::: Provided records

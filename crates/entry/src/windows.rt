// A window of an announced plan, as it is asked for.
ghost use Rattle.std.specs.Prelude.{Some};
ghost use Rattle.entry.specs.Windows.{bounding_text};

use std::fmt;

/// Whether a window bounds the dynamic limits.
#[derive(Clone, Copy, PartialEq, Eq, Debug)]
pub enum Bounding {
    Free,
    Bounded,
}

impl fmt::Display for Bounding {
    ghost output = { λ bounding. Some (bounding_text bounding) };

    fn fmt<W: fmt::Write>(&self, f: &mut fmt::Formatter<W>) -> fmt::Result {
        match *self {
            Bounding::Free => write!(f, "free"),
            Bounding::Bounded => write!(f, "bounded"),
        }
    }
}

/// A window as it is announced: start, end, the code of its session, and whether it is free or bounded with K. The figures are
/// raw, and are judged by the plan. K is judged in a free window too.
#[derive(Clone, Copy, PartialEq, Eq, Debug)]
pub struct Announcement {
    pub start: u32,
    pub end: u32,
    pub session: u8,
    pub bounding: Bounding,
    pub k: u32,
}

::::::

▶ What to produce
Copy every line of the records above, starting with the first, up to and including the line containing "λ bounding. Some".

▶ Task result
filename crates/entry/src/windows.rt
// A window of an announced plan, as it is asked for.
ghost use Rattle.std.specs.Prelude.{Some};
ghost use Rattle.entry.specs.Windows.{bounding_text};

use std::fmt;

/// Whether a window bounds the dynamic limits.
#[derive(Clone, Copy, PartialEq, Eq, Debug)]
pub enum Bounding {
    Free,
    Bounded,
}

impl fmt::Display for Bounding {
    ghost output = { λ bounding. Some (bounding_text bounding) };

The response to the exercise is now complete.